Today, the strains on this market are becoming increasingly apparent. In advanced economies, demand for high-skill labor is now growing faster than supply, while demand for low-skill labor remains weak. Labor’s overall share of income, or the share of national income that goes to worker compensation, has fallen, and income inequality is growing as lower-skill workers—including 75 million young people—experience unemployment, underemployment, and stagnating wages.
The McKinsey Global Institute (MGI) finds these trends gathering force and spreading to China and other developing economies, as the global labor force approaches 3.5 billion in 2030. Based on current trends in population, education, and labor demand, the report projects that by 2020 the global economy could face the following hurdles:
- 38 million to 40 million fewer workers with tertiary education (college or postgraduate degrees) than employers will need, or 13 percent of the demand for such workers
- 45 million too few workers with secondary education in developing economies, or 15 percent of the demand for such workers
- 90 million to 95 million more low-skill workers (those without college training in advanced economies or without even secondary education in developing economies) than employers will need, or 11 percent oversupply of such workers
The dynamics of the global labor market will make these challenges even more difficult. The population in China, as well as in many advanced economies, is aging, reducing the growth rate of the global labor supply; most of the additions to the global labor force will occur in India and the “young” developing economies of Africa and South Asia. Aging will likely add 360 million older people to the world’s pool of those not participating in the labor force, including 38 million college-educated workers, whose skills will already be in short supply.
Slideshow
To understand where these gaps are likely to arise and have the greatest impact, MGI looked at the 70 countries that account for 96 percent of global GDP and are home to 87 percent of the world’s population. By plotting their populations’ educational and age profiles, as well as per capita GDP, we can see how prepared their national labor forces are to meet future demand, how easily they can grow their labor forces, and how productive their labor is. This yields eight clusters of countries: four in developing economies, three in advanced economies, and one group comprising Russia and Central and Eastern European states.
While market forces will move to eliminate projected imbalances before their full impact is felt, they cannot be avoided entirely without a concerted, global effort by governments and businesses to raise educational attainment and provide job-specific training.

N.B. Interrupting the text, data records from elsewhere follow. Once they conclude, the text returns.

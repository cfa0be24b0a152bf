//! A caller of the top call that knows the bytes of each output, from the contract of `program` alone.

mod calls;
mod commands;
mod word_lists;

use mono_model::Host;
use mono_script::MemSink;
use std::alloc::Global;

/// The greatest number of bytes that the outputs have together.
pub const ROOM: usize = 512;

/// Writes the output of each command to the sink, and returns their statuses. Returns None if out of memory.
pub fn statuses_of<R: Host + Send + 'static>(
    rt: &R,
    alloc: Global,
    sink: &mut MemSink,
) -> Option<[u8; 13]> {
    Some([
        commands::replay(rt, alloc, sink).ok()?,
        commands::bad_line(rt, alloc, sink).ok()?,
        commands::check(rt, alloc, sink).ok()?,
        commands::wrong_check(rt, alloc, sink).ok()?,
        commands::run(rt, alloc, sink).ok()?,
        commands::spent_run(rt, alloc, sink).ok()?,
        commands::finished_run(rt, alloc, sink).ok()?,
        commands::load(rt, alloc, sink).ok()?,
        commands::sleeping_load(rt, alloc, sink).ok()?,
        commands::sessions(rt, alloc, sink).ok()?,
        commands::limiter(rt, alloc, sink).ok()?,
        commands::actors(rt, alloc, sink).ok()?,
        commands::no_command(rt, alloc, sink).ok()?,
    ])
}
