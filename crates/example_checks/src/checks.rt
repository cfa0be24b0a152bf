//! The checker accepts the executor's reports, and the journals of a runtime.

pub mod calls;
pub mod laws;

ghost use Rattle.std.specs.Prelude.{◌≡◌, IfOk};

use mono_machine::{Blocking, Event, Limits};
use mono_trace::{Verdict, check};
use std::alloc::{AllocError, Global};

/// Applies all events to a new executor, and checks its reports with the same limits and strategy: the verdict is yes.
/// The only error is out of memory.
pub fn checked_replay(
    alloc: Global,
    limits: Limits,
    blocking: Blocking,
    events: &Vec<Event>,
) -> Result<Verdict, AllocError>
    ensures { IfOk result (λ verdict. verdict ≡ Verdict.Yes) }
{
    let reports = mono_replay::replay(alloc, limits, blocking, events)?;
    let verdict = check(alloc, limits, blocking, events, &reports)?;
    Ok(verdict)
}
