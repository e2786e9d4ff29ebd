ghost use Rattle.std.specs.Prelude.{◌≡◌, ◌<◌, ◌≤◌, [], ◌∷◌, ◌++◌, length, MatchOption, OnOk};
ghost use Rattle.package.specs.Packages.{text_word, text_words};

use crate::description::{Description, Entry};
use base::FileKind;
use std::alloc::{AllocError, Global};

// A text word with so many bytes.
fn text_word(count: u8, a: u8, b: u8, c: u8) -> u32
    requires { count ≤ 3 }
    ensures { result ≡ text_word count a b c }
{
    u32::from_be_bytes([0x20 + count, a, b, c])
}

// The first word of a text, and the bytes that stand in later ones.
fn first_text_word(text: &[u8]) -> Option<(u32, &[u8])>
    ensures { MatchOption result (text.now ≡ []) (λ p. (text_words text.now ≡ p.0 ∷ text_words p.1.now) × (length p.1.now < length text.now)) }
{
    match text {
        [] => None,
        [a] => Some((text_word(1, *a, 0, 0), &[])),
        [a, b] => Some((text_word(2, *a, *b, 0), &[])),
        [a, b, c, rest @ ..] => Some((text_word(3, *a, *b, *c), rest)),
    }
}

// The words of a text, three bytes to a word. By what is left, as its definition goes, and not by chunks: the last word may
// have fewer bytes.
fn push_text(words: &mut Vec<u32>, text: &[u8]) -> Result<(), AllocError>
    ensures { OnOk result (words.new.items ≡ words.old.items ++ text_words text.now) }
{
    let mut left = text;
    while let Some((word, rest)) = first_text_word(left) {
        words.push(word)?;
        left = rest;
    }
    Ok(())
}

// The masks below cut nothing: a name and a version have at most 16 bytes, a content 96, and more than 806 words are no
// package, as the core finds, which reads the words again before they are written.

// The words of a file: its own, and its content, of which three bytes go into a word.
fn push_file(words: &mut Vec<u32>, file: &Entry) -> Result<(), AllocError> {
    let kind = match file.kind {
        FileKind::Plain => 0x30,
        FileKind::Conffile => 0x40,
    };
    let content = file.content.as_slice();
    let count = (content.len().div_ceil(3) & 63) as u8;
    words.push(u32::from_be_bytes([kind, 0, count, file.path]))?;
    push_text(words, content)
}

// The words of the package that is described.
pub(crate) fn encode(heap: Global, description: &Description) -> Result<Vec<u32>, AllocError> {
    let name = description.head.name.as_bytes();
    let version = description.head.version.as_bytes();
    let mut words = Vec::new(heap);
    words.push(u32::from_be_bytes([
        0x10,
        0,
        (version.len() & 255) as u8,
        (name.len() & 255) as u8,
    ]))?;
    push_text(&mut words, name)?;
    push_text(&mut words, version)?;
    for file in description.files.iter() {
        push_file(&mut words, file)?;
    }
    let count = (words.len() & 0x0fff_ffff) as u32;
    words.push(0xf000_0000 | count)?;
    Ok(words)
}
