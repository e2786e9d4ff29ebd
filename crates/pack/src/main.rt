// Makes a package file from a description.
#![tactic(auto)]

mod description;
mod encode;
mod lines;
mod mistakes;
mod packing;
mod quoted;

use anyhow::anyhow;
use packing::pack;
use std::{env, fs};
use wordfile::bytes_of;

// Packs the description in one file into another; whether that was done.
fn pack_file(rt: &HostRuntime, source: &str, target: &str) -> anyhow::Result<bool> {
    let heap = rt.alloc();
    let text = match fs::read_to_string(rt, source) {
        Ok(text) => text,
        Err(error) => {
            eprintln!(rt; "{source}: cannot be read: {error}")?;
            return Ok(false);
        }
    };
    let words = match pack(heap, text.as_str()) {
        Ok(words) => words,
        Err(fault) => {
            eprintln!(rt; "{source}: {fault}")?;
            return Ok(false);
        }
    };
    if let Err(error) = fs::write(rt, target, bytes_of(heap, words.as_slice())?.as_slice()) {
        eprintln!(rt; "{target}: cannot be written: {error}")?;
        return Ok(false);
    }
    let count = words.len();
    println!(rt; "wrote {target}: {count} words")?;
    Ok(true)
}

fn run(rt: &HostRuntime) -> anyhow::Result<bool> {
    let paths: Vec<String> = env::args(rt)?.skip(1).collect(rt.alloc())?;
    let [source, target] = paths.as_slice() else {
        eprintln!(rt; "usage: pack DESCRIPTION OUTPUT")?;
        return Ok(false);
    };
    pack_file(rt, source.as_str(), target.as_str())
}

fn main(rt: HostRuntime) -> anyhow::Result<()> {
    if run(&rt)? {
        Ok(())
    } else {
        Err(anyhow!("no package was made"))
    }
}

Advanced economies will need to double the pace at which the number of young people earning college degrees is rising—and find ways to graduate more students in science, engineering, and other technical fields; these workers will be in high demand, and their contributions will be critical for meeting the rising productivity imperative. Secondary and vocational training must be revamped to retrain mid-career workers and to provide job-specific skills to students who will not continue on to college.
Even then, in the next two decades, the world is likely to have too many workers without the skills to land full-time employment. In both developing and advanced economies, policy makers will need to find ways not only to produce high-skilled workers but also to create more jobs for those who aren’t as highly educated. Solutions include moving up the value chain in developing economies (food processing creates more employment than growing export crops, for example) and finding opportunities for workers without a college education to participate in fast-growing fields—such as health care and home-based personal services—in advanced economies.

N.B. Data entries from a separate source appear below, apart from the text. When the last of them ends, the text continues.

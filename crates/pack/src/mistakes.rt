use std::alloc::AllocError;
use thiserror::Error;

// What is wrong with a line of a description.
#[derive(Clone, Copy, Debug, Error)]
pub enum Mistake {
    #[error("a line begins with package, plain, conffile, end or #")]
    UnknownWord,
    #[error("the package line comes first")]
    NoPackageYet,
    #[error("there is one package line")]
    SecondPackage,
    #[error("a package line has a name and a version")]
    NotTwoWords,
    #[error("a name has 2 to 16 of a-z, 0-9 and +-., the first a letter or digit")]
    BadName,
    #[error("a version has 1 to 16 of a-z, A-Z, 0-9 and .+-~:, the first a digit")]
    BadVersion,
    #[error("a path is a number from 0 to 255")]
    BadPath,
    #[error("a content stands between double quotes")]
    NoQuotes,
    #[error("a double quote inside a content is written \\\"")]
    BareQuote,
    #[error("behind a backslash stands n, \" or another backslash")]
    UnknownEscape,
    #[error("a content has at most 96 bytes")]
    LongContent,
    #[error("nothing stands behind the end line")]
    WordsAfterEnd,
    #[error("the end line is missing")]
    NoEnd,
    #[error("out of memory")]
    NoMemory(#[from(alloc)] AllocError),
}
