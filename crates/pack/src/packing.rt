use crate::description::{Description, Entry, Head, Line};
use crate::encode::encode;
use crate::lines::line_of;
use crate::mistakes::Mistake;
use base::Refusal;
use package::read_package;
use std::alloc::{AllocError, Global};
use thiserror::Error;
use wordfile::Told;

// Why no package was made.
#[derive(Clone, Copy, Debug, Error)]
pub enum Fault {
    // a line of the description, counted from 1
    #[error("line {0}: {1}")]
    InLine(usize, Mistake),
    // a description whose package is outside the rules
    #[error("{told}", told = Told(*.0))]
    Refused(#[from] Refusal),
    #[error("out of memory")]
    NoMemory(#[from(alloc)] AllocError),
}

// A description as far as it is read.
#[derive(Drop)]
struct Draft {
    head: Option<Head>,
    files: Vec<Entry>,
    // a flag of its own: what may stand behind the end is another question than whether there was a head
    ended: bool,
}

impl Draft {
    // One line more.
    fn add(&mut self, line: Line) -> Result<(), Mistake> {
        match line {
            Line::Nothing => {}
            _ if self.ended => return Err(Mistake::WordsAfterEnd),
            Line::Package(_) if self.head.is_some() => return Err(Mistake::SecondPackage),
            Line::Package(head) => self.head = Some(head),
            _ if self.head.is_none() => return Err(Mistake::NoPackageYet),
            Line::File(entry) => self.files.push(entry)?,
            Line::End => self.ended = true,
        }
        Ok(())
    }

    fn add_text(&mut self, heap: Global, line: &str) -> Result<(), Mistake> {
        self.add(line_of(heap, line)?)
    }

    // The whole description.
    fn finish(self) -> Result<Description, Mistake> {
        let Draft { head, files, ended } = self;
        match head {
            Some(head) if ended => Ok(Description { head, files }),
            _ => Err(Mistake::NoEnd),
        }
    }
}

// The description in a text, or the first line with a mistake.
fn parse(heap: Global, text: &str) -> Result<Description, Fault> {
    let mut draft = Draft {
        head: None,
        files: Vec::new(heap),
        ended: false,
    };
    // the number of the line behind those read so far
    let mut behind = 1usize;
    for (i, line) in text.lines().enumerate() {
        let number = i.saturating_add(1);
        draft
            .add_text(heap, line)
            .map_err(|mistake| Fault::InLine(number, mistake))?;
        behind = number.saturating_add(1);
    }
    draft
        .finish()
        .map_err(|mistake| Fault::InLine(behind, mistake))
}

// The words of the package that a text describes.
pub(crate) fn pack(heap: Global, text: &str) -> Result<Vec<u32>, Fault> {
    let description = parse(heap, text)?;
    let words = encode(heap, &description)?;
    read_package(words.as_slice())?;
    Ok(words)
}
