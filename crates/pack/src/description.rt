use base::{FileKind, Name, Version};

// A file that a package is to carry.
#[derive(Drop)]
pub struct Entry {
    pub kind: FileKind,
    pub path: u8,
    pub content: Vec<u8>,
}

#[derive(Clone, Copy)]
pub struct Head {
    pub name: Name,
    pub version: Version,
}

#[derive(Drop)]
pub struct Description {
    pub head: Head,
    pub files: Vec<Entry>,
}

// What one line of a description says.
#[derive(Drop)]
pub enum Line {
    Nothing,
    Package(Head),
    File(Entry),
    End,
}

Businesses operating in this skills-scarce world must know how to find talent pools with the skills they need and to build strategies for hiring, retaining, and training the workers who will give them competitive advantage. This will include finding ways to retain more highly skilled women and older workers. Businesses will also need to significantly step up their activities in shaping public education and training systems in order to build pipelines of workers with the right skills for the 21st-century global economy.